The study assesses the early metabolic effects of neoadjuvant treatment with trastuzumab and pertuzumab (± endocrine therapy) on the primary tumor and axillary lymph nodes and their predictive value for a pathologic complete response (pCR) in the breast and axilla.

50 sites are active and recruiting in 7 countries (Spain, France, Italy, Portugal, Belgium, UK and Germany) only 5 sites pending in Portugal to participate in the study and a total of 266 patients have been recruited (453 patients screened, 165 screening failure) since June 2017. It’s a very interesting study that involves collaboration from Oncology, Radiology and Pathological Anatomy services.

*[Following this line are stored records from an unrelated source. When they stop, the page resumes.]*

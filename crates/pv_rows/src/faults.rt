//! Modules that are refused.
use crate::calls::{check, joined, run, turning};
use crate::modules::{COUNT_ITEMS, TABLE, TABLE_ITEMS};
use ir_reader::whole::read_module;
use pv_base::bytes::Bytes;
use pv_base::limits::FILE_LIMIT;
use pv_base::want::Memory;
use rule_tests::meets::meets_rules;
use std::alloc::Global;
use std::test::Fail;

/// A function `main` of this body.
fn main_of(alloc: Global, body: &str) -> Result<Bytes, Memory> {
    joined(alloc, &["define i32 @main() {\n", body, "}\n"])
}

const RETURN: &str = "define i32 @main() {\n  ret i32 0\n}\n";

#[test]
fn texts_are_refused(rt: HostRuntime) -> Result<(), Fail> {
    let alloc = rt.alloc();
    let cut = "@scratch = global [16 x i32] zeroinitializer\n@fmt = constant [4 x i8] c\"%d";
    // text; line and cause
    let rows: [(&str, &str); 25] = [
        (cut, "2 end"),
        ("?", "1 token"),
        ("@x = global i32 0\n@x = global i32 0\n", "2 duplicate"),
        ("@x = global i65 0\n", "1 width"),
        ("@x = global %t zeroinitializer\n", "1 bad-type"),
        ("@x = global i24 0\n", "1 layout"),
        ("@x = global i8 256\n", "1 number"),
        ("@x = global i8 %y\n", "1 operand"),
        ("@x = global [4194305 x i8] zeroinitializer\n", "1 layout"),
        ("frob\n", "1 instruction"),
        (
            "define i32 @main() {\n  %1 = frob i32 0\n}\n",
            "2 instruction",
        ),
        ("define i32 @main() {\n  %2 = add i32 0, 0\n", "2 name"),
        (
            "define i32 @main() {\n  %1 = ptrtoint ptr null to i64\n",
            "2 out-of-profile ptrtoint",
        ),
        (
            "define i32 @main() {\n  %a = add i32 0, 0\n  %a = add i32 0, 0\n",
            "3 duplicate",
        ),
        ("define i32 @main() {\n  ret i32 0\n", "2 end"),
        ("\n\ndefine i32 @main(i32 %a, i32 %a) {\n", "3 duplicate"),
        (
            "%t = type { i32, %t }\n@x = global %t zeroinitializer\n",
            "2 layout",
        ),
        ("target triple = \"a\n", "1 token"),
        (
            "define i32 @main() {\n1a:\n  ret i32 0\n}\n",
            "2 instruction",
        ),
        (
            "define i32 @main() {\na:\n  %a = add i32 1, 2\n",
            "3 duplicate",
        ),
        (
            "define i32 @main() {\na:\n  br label %b\nb:\n  ret i32 0\nb:\n",
            "6 duplicate",
        ),
        ("define i32 @main() {\n  %x = add i8 256, 0\n", "2 number"),
        ("define i32 @main() {\n  %x = add i65 1, 0\n", "2 width"),
        ("define i32 @main() {\n  %x = add i0 1, 0\n", "2 width"),
        (
            "define i32 @main() {\n  %x = icmp gt i32 1, 2\n",
            "2 operand",
        ),
    ];
    for (text, why) in &rows {
        let wanted = joined(alloc, &["3 |refused module line ", why, "\n"])?;
        let told = run(alloc, text.as_bytes(), "", "9")?;
        assert_eq!(rt;
            told.as_str(),
            String::from_utf8_lossy(alloc, wanted.as_slice())?.as_str()
        );
    }
    Ok(())
}

/// Bodies of main, each with its cause and place.
const REFUSED_BODIES: &[(&str, &str)] = &[
    ("  ret i32 %x\n", "unknown-name @main:0"),
    ("  br label %x\n", "unknown-name @main:0"),
    (
        "  %x = icmp eq i32 0, 0\n  ret i32 %x\n",
        "type-differs @main:1",
    ),
    ("  %x = add i32 0, 0\n", "terminator @main:0"),
    ("a:\n  br label %a\n", "entry-has-preds @main:0"),
    (
        "a:\n  br label %b\nb:\n  %x = phi i32 [ 0, %b ]\n  ret i32 %x\n",
        "phi-edges @main:1",
    ),
    (
        "  br label %b\nb:\n  %x = alloca i32\n  ret i32 0\n",
        "alloca-place @main:1",
    ),
    (
        "  %x = call i32 @frob()\n  ret i32 %x\n}\ndeclare i32 @frob()\ndefine void @f() {\n  ret void\n",
        "external @main:0",
    ),
    ("  call void @main()\n  ret i32 0\n", "type-differs @main:0"),
    ("entry:\n  ret i32 %entry\n", "unknown-name @main:0"),
    (
        "  %x = add i32 1, 2\n  br label %x\n",
        "unknown-name @main:1",
    ),
    (
        "  call i32 @putchar(i32 65)\n  ret i32 0\n",
        "unknown-name @main:0",
    ),
    ("  %x = add i8 1, 2\n  ret i32 %x\n", "type-differs @main:1"),
    (
        "  %x = add i8 1, 2\n  %y = add i32 %x, 1\n  ret i32 0\n",
        "type-differs @main:1",
    ),
    (
        "  %x = add i32 1, 2\n  br i1 %x, label %a, label %a\na:\n  ret i32 0\n",
        "type-differs @main:1",
    ),
    ("  ret i8 0\n", "type-differs @main:0"),
    ("  ret i32 0\n  ret i32 0\n", "terminator @main:0"),
    ("a:\nb:\n  ret i32 0\n", "terminator @main:0"),
    (
        "a:\n  br label %b\nb:\n  br i1 0, label %a, label %b\n",
        "entry-has-preds @main:1",
    ),
    (
        "a:\n  br label %b\nb:\n  %x = add i32 1, 2\n  %p = phi i32 [ 0, %a ]\n  ret i32 0\n",
        "phi-edges @main:2",
    ),
    (
        "a:\n  %p = phi i32 [ 0, %a ]\n  ret i32 0\n",
        "phi-edges @main:0",
    ),
    (
        "a:\n  br label %b\nb:\n  %p = phi i32 [ 0, %c ]\n  ret i32 0\nc:\n  ret i32 0\n",
        "phi-edges @main:1",
    ),
    (
        "a:\n  br i1 1, label %b, label %c\nb:\n  br label %c\nc:\n  %p = phi i32 [ 0, %a ]\n  ret i32 0\n",
        "phi-edges @main:2",
    ),
    (
        "a:\n  br i1 1, label %b, label %b\nb:\n  %p = phi i32 [ 0, %a ], [ 1, %a ]\n  ret i32 0\n",
        "phi-edges @main:1",
    ),
    (
        "a:\n  br label %b\nb:\n  %p = phi i8 [ 0, %a ]\n  ret i32 %p\n",
        "type-differs @main:2",
    ),
    (
        "  %x = icmp eq i8 0, 0\n  %y = add i32 %z, %x\n  ret i32 0\n",
        "unknown-name @main:1",
    ),
    (
        "  %x = add i8 1, 2\n  %y = add i32 %x, 1\n  ret i32 %z\n",
        "type-differs @main:1",
    ),
    (
        "  switch i32 0, label %a [ i32 1, label %b ]\na:\n  ret i32 0\n",
        "unknown-name @main:0",
    ),
    (
        "  %n = add i32 1, 0\n  %p = alloca i8, i32 %n\n  ret i32 0\n",
        "alloca-place @main:1",
    ),
    (
        "  call void @llvm.memset.p0.i64(ptr null, i8 0, i64 0, i1 true)\n  ret i32 0\n}\ndeclare void @llvm.memset.p0.i64(ptr, i8, i64, i1)\ndefine void @f() {\n  ret void\n",
        "external @main:0",
    ),
];

#[test]
fn modules_are_refused(rt: HostRuntime) -> Result<(), Fail> {
    let alloc = rt.alloc();
    for (body, why) in REFUSED_BODIES {
        let module = main_of(alloc, body)?;
        let wanted = joined(alloc, &["3 |refused check ", why, "\n"])?;
        let told = check(alloc, module.as_slice())?;
        assert_eq!(rt;
            told.as_str(),
            String::from_utf8_lossy(alloc, wanted.as_slice())?.as_str()
        );
    }
    Ok(())
}

#[test]
fn whole_modules_are_refused(rt: HostRuntime) -> Result<(), Fail> {
    let alloc = rt.alloc();
    // text; cause and place
    let rows: [(&str, &str); 7] = [
        ("", "no-main"),
        (COUNT_ITEMS, "no-main"),
        (TABLE_ITEMS, "no-main"),
        ("declare i32 @main()\n", "no-main"),
        ("define i64 @main() {\n  ret i64 0\n}\n", "main-type"),
        (
            "@g = global ptr @h\ndefine i32 @main() {\n  ret i32 0\n}\n",
            "unknown-name @g",
        ),
        (
            "define i32 @main() {\n  ret i32 %x\n}\n@g = global ptr @h\n",
            "unknown-name @g",
        ),
    ];
    for (text, why) in &rows {
        let wanted = joined(alloc, &["3 |refused check ", why, "\n"])?;
        let told = check(alloc, text.as_bytes())?;
        assert_eq!(rt;
            told.as_str(),
            String::from_utf8_lossy(alloc, wanted.as_slice())?.as_str()
        );
    }
    Ok(())
}

/// Whether the module of a text meets the rules, by the plain test of them.
fn meets(alloc: Global, text: &[u8]) -> Result<bool, Fail> {
    if text.len() > FILE_LIMIT {
        return Err("the text is too long")?;
    }
    match read_module(alloc, text) {
        Ok(module) => Ok(meets_rules(alloc, &module)?),
        Err(_) => Err("the text is no module")?,
    }
}

#[test]
fn the_plain_test_of_the_rules(rt: HostRuntime) -> Result<(), Fail> {
    let alloc = rt.alloc();
    // one body of main for each cause, and one that has none; whether it meets the rules
    let rows: [(&str, bool); 10] = [
        ("  ret i32 0\n", true),
        ("  ret i32 %x\n", false),
        ("  ret i8 0\n", false),
        ("  %x = add i32 0, 0\n", false),
        ("a:\n  br label %a\n", false),
        ("a:\n  %p = phi i32 [ 0, %a ]\n  ret i32 0\n", false),
        ("  br label %b\nb:\n  %x = alloca i32\n  ret i32 0\n", false),
        (
            "  %x = call i32 @f()\n  ret i32 %x\n}\ndeclare i32 @f()\ndefine void @g() {\n  ret void\n",
            false,
        ),
        ("  %x = call i32 %y(i32 0)\n  ret i32 %x\n", false),
        ("  %x = call i32 @main(i32 0)\n  ret i32 %x\n", false),
    ];
    for (body, wanted) in &rows {
        let module = main_of(alloc, body)?;
        assert_eq!(rt; meets(alloc, module.as_slice())?, *wanted);
    }
    assert!(rt; !meets(alloc, b"@n = global i32 1\n")?);
    assert!(rt; !meets(alloc, b"define i64 @main() {\n  ret i64 0\n}\n")?);
    Ok(())
}

/// Each cut of a module is refused by one line: by the rules where it ends between items, since `main` is not there yet.
#[test]
fn cut_texts(rt: HostRuntime) -> Result<(), Fail> {
    let alloc = rt.alloc();
    let table = turning(alloc, TABLE_ITEMS, "3", TABLE)?;
    for text in [RETURN.as_bytes(), table.as_slice()] {
        for end in 0..text.len().saturating_sub(1) {
            let told = check(alloc, &text[..end])?;
            let lines = told.as_bytes().iter().filter(|b| **b == b'\n').count();
            assert!(rt; told.as_bytes().starts_with(b"3 |refused ") && lines == 1);
        }
    }
    Ok(())
}

#[test]
fn names_have_at_most_4096_bytes(rt: HostRuntime) -> Result<(), Fail> {
    let alloc = rt.alloc();
    let longest = vec![in alloc; b'a'; 4096]?;
    let name = str::from_utf8(longest.as_slice()).ok().ok_or("text")?;
    let module = main_of(
        alloc,
        format!(in alloc; "{name}:\n  %{name}b = add i32 1, 2\n  ret i32 0\n")?.as_str(),
    )?;
    let told = check(alloc, module.as_slice())?;
    assert_eq!(rt; told.as_str(), "3 |refused module line 3 too-long\n");
    let module = main_of(alloc, format!(in alloc; "{name}:\n  ret i32 0\n")?.as_str())?;
    let told = check(alloc, module.as_slice())?;
    assert_eq!(rt;
        told.as_str(),
        "0 accepted functions 1 globals 0 instructions 1\n|"
    );
    Ok(())
}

Thank you very much to all of them and specially to Hospital Virgen del Rocío – Dr Manuel Ruiz Borrego (31 patients randomized), Hospital Clínic Universitari de Valencia – Dr Begoña Bermejo (18 patients randomized), Hospital Vall Hebrón – Dr Santiago Escrivà (16 patients randomized), Hospital Ramón y Cajal – Dr Noelia Martinez (15 patients randomized) and ICO L’Hospitalet – Dr Agostina Stradella (19 patients randomized) as top 5 recruiters. The research team was supported by an unrestricted fellowship from Roche.

In March 2019 we expect to have 400 patients enrolled in the study thanks to continuing working with your collaboration. We will make it!